#### WORK REQUIRED:
Extract each line of the data below exactly as written.

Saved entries
·····
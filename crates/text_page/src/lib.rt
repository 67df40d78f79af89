// The page form of a kernel's level 2 sheet, for a binder: lines of 32 characters, on a page 55 behind a heading.
#![tactic(auto)]

pub mod column;
mod line;
mod lines;
pub mod write;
·····
#### TASK ANSWER:
filename crates/text_page/src/lib.rt
repository 67df40d78f79af89
// The page form of a kernel's level 2 sheet, for a binder: lines of 32 characters, on a page 55 behind a heading.
#![tactic(auto)]

pub mod column;
mod line;
mod lines;
pub mod write;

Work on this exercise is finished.